Stored data:

----

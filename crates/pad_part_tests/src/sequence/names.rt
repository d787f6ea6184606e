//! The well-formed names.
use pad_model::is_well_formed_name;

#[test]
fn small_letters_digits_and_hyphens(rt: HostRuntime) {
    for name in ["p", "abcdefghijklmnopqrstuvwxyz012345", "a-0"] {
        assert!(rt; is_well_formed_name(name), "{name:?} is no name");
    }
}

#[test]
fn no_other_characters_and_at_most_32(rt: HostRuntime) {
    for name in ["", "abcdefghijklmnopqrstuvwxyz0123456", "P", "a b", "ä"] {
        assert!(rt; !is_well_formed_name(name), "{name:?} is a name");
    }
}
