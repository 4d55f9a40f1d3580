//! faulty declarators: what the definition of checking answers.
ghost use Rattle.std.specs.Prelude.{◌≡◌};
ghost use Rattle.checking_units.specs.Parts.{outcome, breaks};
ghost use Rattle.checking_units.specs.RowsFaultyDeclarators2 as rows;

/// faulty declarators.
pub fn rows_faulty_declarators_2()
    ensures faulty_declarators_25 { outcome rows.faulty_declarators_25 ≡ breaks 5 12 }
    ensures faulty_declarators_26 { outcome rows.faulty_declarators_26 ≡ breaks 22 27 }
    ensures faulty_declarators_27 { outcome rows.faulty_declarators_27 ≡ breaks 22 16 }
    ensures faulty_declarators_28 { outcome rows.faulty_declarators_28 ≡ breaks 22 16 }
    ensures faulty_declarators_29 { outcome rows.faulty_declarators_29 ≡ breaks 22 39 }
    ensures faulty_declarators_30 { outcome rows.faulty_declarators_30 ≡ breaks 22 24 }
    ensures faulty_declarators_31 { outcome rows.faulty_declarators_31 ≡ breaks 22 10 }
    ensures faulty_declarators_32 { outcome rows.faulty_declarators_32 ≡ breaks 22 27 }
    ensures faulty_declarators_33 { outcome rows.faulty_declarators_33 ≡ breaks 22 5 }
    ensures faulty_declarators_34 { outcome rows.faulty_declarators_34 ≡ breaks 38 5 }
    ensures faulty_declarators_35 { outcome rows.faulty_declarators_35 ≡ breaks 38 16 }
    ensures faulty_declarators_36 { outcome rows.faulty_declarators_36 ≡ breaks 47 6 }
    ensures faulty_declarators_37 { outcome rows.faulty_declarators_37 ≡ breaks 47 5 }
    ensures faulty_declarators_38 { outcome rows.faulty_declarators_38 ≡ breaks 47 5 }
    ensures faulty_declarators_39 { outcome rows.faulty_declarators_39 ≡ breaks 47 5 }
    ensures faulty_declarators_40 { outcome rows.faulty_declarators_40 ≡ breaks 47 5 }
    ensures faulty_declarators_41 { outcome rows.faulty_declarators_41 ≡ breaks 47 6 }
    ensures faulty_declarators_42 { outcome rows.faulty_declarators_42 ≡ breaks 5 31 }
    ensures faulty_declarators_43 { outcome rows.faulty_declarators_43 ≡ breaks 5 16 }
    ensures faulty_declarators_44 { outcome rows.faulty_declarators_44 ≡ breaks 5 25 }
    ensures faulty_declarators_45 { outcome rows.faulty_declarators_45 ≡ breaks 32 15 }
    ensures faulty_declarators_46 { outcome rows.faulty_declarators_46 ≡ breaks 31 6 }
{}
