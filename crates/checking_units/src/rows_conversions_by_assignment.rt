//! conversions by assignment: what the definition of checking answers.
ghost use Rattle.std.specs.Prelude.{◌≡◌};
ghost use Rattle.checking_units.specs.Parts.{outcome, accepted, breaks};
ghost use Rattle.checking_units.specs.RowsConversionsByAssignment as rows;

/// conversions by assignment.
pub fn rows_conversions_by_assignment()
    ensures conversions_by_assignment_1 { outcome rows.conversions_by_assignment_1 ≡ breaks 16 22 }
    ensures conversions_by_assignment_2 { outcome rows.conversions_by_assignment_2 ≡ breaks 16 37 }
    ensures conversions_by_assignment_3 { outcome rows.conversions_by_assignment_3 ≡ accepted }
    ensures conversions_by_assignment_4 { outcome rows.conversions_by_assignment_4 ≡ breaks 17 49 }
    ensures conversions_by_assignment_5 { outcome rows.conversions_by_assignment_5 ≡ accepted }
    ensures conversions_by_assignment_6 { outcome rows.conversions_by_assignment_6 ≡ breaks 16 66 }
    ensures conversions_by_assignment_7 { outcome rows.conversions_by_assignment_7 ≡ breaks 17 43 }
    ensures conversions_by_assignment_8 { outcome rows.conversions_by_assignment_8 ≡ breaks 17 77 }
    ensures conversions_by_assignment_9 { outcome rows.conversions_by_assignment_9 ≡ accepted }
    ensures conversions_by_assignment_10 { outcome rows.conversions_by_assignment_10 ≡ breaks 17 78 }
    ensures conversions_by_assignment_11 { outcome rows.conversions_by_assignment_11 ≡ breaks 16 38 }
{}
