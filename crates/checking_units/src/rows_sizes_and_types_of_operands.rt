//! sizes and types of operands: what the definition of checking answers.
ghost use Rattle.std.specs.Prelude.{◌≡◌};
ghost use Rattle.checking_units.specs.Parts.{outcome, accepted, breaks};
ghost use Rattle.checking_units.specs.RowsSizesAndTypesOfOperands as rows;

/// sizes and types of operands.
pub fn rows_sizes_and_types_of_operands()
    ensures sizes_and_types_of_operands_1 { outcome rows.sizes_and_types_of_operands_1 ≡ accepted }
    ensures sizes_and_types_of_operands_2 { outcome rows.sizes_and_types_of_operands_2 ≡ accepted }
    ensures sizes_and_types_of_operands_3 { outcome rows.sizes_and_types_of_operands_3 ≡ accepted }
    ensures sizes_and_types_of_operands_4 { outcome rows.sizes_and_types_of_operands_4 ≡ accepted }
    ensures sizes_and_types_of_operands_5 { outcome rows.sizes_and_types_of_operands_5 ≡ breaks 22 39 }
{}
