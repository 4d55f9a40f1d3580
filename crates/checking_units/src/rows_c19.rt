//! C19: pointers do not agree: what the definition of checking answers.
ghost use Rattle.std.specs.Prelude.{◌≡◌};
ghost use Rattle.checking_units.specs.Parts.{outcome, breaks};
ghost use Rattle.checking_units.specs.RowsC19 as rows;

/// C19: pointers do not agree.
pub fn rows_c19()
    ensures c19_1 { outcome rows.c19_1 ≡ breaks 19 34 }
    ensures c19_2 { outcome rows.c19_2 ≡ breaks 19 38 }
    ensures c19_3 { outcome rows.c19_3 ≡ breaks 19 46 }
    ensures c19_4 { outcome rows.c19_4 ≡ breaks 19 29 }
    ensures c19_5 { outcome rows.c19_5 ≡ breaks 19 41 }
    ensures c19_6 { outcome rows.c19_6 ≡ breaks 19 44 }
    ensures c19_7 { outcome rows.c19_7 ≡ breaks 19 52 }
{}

----

Aim of the exercise — In the records, how many lines have the word "filename" in them? Only the number is needed.

Response to this exercise — 4